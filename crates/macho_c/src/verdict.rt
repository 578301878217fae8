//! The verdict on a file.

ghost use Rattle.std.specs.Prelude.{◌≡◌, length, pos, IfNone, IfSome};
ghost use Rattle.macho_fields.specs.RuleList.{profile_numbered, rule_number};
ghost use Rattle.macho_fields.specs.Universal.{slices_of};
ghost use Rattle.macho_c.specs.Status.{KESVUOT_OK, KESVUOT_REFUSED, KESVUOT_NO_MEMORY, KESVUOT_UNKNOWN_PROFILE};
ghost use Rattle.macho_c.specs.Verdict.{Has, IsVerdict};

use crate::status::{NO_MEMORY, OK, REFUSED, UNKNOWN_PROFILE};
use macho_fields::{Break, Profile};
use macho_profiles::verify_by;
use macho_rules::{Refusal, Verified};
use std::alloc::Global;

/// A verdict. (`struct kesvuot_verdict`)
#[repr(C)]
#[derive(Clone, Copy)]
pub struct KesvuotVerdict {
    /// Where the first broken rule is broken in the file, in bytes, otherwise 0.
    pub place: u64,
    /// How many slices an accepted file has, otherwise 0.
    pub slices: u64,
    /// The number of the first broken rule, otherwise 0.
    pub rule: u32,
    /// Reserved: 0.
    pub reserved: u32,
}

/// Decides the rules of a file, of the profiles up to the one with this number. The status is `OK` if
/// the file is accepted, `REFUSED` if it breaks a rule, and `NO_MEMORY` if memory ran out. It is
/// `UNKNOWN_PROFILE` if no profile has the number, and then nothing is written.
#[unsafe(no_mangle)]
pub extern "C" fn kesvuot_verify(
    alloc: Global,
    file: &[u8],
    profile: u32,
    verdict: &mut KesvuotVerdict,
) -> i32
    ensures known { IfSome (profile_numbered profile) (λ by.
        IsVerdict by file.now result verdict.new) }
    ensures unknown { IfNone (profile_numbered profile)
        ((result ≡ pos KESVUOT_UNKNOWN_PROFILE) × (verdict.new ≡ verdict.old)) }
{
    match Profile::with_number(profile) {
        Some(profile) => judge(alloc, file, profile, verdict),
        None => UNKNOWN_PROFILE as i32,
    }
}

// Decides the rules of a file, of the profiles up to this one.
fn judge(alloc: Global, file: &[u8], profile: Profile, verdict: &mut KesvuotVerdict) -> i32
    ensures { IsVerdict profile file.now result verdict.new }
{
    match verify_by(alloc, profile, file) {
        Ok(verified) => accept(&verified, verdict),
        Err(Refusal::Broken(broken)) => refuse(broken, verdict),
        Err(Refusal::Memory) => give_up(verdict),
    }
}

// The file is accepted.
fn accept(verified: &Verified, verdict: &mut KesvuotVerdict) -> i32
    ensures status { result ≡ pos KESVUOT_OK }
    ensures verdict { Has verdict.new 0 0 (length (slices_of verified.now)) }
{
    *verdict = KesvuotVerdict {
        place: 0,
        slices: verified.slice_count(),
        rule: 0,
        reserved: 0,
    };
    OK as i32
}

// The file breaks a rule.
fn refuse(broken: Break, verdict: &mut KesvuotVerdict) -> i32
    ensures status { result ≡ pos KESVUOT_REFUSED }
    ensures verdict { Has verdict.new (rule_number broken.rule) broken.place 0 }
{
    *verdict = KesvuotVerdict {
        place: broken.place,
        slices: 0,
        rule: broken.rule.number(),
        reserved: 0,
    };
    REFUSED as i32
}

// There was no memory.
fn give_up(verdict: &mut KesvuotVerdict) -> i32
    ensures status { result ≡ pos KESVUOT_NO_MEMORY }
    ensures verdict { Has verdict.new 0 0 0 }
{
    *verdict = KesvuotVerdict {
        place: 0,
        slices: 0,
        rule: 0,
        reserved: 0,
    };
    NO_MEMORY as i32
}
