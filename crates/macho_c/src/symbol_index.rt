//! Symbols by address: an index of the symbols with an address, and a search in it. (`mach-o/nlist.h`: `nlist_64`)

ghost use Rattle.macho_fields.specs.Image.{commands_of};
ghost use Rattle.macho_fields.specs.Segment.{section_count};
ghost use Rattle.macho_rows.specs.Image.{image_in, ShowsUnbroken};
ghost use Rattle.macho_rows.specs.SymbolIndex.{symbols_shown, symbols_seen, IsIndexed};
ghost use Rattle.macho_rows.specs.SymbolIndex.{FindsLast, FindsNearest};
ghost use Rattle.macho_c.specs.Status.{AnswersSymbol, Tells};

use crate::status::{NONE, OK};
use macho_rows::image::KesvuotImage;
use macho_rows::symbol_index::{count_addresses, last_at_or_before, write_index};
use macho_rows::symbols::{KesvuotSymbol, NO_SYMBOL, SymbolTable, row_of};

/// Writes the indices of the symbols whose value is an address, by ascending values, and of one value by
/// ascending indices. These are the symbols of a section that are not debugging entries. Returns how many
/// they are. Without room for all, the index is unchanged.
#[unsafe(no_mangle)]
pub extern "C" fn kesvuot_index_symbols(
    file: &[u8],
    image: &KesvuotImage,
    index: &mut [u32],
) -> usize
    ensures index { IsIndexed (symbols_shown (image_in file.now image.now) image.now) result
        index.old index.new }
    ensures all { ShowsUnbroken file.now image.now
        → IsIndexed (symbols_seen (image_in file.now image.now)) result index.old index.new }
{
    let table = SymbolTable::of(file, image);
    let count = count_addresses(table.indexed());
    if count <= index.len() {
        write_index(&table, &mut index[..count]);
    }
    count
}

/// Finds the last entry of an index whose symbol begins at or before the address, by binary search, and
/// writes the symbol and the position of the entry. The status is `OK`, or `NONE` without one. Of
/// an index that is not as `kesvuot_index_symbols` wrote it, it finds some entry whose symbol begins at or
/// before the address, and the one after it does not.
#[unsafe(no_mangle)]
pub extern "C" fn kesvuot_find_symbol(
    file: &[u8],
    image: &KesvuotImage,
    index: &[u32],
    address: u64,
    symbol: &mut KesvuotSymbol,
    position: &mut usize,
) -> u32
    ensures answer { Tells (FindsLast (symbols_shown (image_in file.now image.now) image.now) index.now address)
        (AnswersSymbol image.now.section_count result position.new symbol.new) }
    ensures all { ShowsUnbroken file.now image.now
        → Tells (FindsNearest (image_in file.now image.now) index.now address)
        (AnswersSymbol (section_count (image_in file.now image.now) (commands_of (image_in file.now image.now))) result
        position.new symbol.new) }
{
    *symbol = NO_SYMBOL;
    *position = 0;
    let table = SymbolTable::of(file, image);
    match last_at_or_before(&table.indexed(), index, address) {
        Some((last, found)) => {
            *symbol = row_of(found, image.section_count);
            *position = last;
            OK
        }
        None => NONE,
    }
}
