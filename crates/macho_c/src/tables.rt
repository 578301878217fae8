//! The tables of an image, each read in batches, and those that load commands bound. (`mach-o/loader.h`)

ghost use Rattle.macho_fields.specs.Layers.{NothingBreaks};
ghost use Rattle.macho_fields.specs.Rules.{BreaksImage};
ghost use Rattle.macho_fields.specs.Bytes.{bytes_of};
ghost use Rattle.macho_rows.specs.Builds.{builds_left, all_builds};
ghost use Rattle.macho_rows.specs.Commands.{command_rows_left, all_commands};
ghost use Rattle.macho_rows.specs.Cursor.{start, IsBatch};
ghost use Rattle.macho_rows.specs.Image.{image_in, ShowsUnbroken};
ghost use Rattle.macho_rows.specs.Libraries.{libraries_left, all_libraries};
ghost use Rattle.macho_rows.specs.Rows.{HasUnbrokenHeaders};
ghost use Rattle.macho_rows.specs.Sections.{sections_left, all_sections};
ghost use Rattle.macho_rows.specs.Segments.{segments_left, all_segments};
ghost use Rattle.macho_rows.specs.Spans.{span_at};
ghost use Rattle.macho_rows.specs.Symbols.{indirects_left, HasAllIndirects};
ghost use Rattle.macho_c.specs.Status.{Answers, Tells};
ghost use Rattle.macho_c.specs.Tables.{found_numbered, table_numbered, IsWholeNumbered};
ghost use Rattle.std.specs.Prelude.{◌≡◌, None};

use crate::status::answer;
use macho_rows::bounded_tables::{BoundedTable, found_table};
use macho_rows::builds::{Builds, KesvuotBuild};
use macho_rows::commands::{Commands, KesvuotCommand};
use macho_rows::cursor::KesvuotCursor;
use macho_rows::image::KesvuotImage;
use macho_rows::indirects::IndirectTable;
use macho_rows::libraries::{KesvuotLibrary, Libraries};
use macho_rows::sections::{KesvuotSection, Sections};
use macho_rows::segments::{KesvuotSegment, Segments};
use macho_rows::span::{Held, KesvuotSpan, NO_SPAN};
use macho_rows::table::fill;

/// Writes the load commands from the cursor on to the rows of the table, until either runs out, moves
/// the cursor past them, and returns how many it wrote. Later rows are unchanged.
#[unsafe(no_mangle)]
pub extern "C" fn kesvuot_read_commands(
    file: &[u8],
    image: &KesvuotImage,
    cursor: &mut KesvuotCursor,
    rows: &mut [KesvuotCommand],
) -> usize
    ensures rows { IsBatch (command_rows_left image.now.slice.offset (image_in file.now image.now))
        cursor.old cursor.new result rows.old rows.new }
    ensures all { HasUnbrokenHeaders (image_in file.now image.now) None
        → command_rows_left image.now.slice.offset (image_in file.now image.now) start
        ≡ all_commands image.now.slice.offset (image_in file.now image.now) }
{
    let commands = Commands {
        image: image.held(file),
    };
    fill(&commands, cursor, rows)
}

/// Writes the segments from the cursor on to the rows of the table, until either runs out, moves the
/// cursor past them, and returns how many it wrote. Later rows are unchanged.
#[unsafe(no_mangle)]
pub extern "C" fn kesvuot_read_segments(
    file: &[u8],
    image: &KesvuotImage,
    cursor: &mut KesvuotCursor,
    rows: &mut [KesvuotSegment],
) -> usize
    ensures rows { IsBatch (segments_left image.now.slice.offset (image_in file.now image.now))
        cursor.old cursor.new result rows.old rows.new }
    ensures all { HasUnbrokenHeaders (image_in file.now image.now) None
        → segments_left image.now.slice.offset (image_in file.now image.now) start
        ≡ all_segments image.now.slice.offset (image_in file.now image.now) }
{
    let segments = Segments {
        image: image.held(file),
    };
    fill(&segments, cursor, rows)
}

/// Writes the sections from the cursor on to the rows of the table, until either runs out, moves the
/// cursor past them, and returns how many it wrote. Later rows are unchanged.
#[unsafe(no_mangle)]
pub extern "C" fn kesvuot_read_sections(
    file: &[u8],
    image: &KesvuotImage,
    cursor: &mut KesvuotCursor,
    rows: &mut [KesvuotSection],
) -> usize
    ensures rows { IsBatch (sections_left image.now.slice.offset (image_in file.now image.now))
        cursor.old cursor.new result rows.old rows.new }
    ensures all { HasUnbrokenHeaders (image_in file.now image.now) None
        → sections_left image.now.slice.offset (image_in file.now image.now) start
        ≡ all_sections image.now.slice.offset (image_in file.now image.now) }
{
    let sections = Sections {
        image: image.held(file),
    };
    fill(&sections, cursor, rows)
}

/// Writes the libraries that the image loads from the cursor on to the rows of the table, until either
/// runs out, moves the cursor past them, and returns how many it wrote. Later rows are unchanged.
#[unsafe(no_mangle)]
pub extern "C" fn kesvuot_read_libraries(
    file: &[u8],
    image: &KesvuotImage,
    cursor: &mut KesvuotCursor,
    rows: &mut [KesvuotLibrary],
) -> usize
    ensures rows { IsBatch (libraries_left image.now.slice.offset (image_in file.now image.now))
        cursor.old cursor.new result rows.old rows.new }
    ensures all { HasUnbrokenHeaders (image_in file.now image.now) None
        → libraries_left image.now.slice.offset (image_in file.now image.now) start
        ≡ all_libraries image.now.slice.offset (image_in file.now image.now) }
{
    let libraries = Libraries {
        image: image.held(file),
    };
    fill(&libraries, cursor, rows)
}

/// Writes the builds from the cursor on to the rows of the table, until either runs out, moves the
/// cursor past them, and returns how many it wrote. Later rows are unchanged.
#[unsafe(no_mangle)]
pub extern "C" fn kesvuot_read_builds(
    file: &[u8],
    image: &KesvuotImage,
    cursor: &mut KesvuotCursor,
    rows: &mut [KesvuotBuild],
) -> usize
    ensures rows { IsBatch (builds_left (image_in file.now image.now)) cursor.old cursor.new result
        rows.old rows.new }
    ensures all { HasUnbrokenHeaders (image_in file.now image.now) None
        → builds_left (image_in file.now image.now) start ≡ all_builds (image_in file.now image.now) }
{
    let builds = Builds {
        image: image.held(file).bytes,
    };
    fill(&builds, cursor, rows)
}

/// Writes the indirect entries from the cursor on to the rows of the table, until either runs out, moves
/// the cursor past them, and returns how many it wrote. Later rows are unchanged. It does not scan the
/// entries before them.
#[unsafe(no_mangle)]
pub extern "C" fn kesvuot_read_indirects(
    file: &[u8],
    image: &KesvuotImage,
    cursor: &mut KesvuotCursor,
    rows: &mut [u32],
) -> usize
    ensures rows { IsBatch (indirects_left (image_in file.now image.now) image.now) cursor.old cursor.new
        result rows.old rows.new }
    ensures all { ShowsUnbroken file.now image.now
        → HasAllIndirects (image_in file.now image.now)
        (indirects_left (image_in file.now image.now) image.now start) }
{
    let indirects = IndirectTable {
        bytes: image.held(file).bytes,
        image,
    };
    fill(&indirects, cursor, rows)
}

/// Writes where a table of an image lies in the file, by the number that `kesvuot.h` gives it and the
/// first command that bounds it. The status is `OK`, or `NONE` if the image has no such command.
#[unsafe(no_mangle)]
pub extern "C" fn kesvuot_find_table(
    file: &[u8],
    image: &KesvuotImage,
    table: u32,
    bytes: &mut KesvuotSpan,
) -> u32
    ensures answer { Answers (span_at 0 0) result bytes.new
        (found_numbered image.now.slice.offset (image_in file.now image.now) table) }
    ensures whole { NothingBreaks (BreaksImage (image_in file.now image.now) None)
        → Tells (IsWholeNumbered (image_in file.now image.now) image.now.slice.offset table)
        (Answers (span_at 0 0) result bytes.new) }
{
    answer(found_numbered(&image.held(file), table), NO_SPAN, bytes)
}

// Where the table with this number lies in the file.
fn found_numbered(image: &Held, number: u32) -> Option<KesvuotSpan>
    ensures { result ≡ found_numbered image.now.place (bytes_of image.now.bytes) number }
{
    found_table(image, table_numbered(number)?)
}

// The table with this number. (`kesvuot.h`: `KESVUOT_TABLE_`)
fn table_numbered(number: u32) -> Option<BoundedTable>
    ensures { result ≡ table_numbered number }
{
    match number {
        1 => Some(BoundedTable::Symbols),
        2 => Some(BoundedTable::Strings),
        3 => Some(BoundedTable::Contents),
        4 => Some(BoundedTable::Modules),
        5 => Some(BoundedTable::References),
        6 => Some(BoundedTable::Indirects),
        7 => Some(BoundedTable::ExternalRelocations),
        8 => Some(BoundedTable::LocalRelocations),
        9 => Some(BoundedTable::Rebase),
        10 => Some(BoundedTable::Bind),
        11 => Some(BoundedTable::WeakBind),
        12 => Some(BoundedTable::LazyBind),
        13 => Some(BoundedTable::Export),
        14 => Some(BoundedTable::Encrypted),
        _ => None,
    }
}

## ABOUT THIS TASK
Go line by line through the material above and return each one that includes "begins".

## SOLUTION TO THE EXERCISE
/// Finds the last entry of an index whose symbol begins at or before the address, by binary search, and
/// an index that is not as `kesvuot_index_symbols` wrote it, it finds some entry whose symbol begins at or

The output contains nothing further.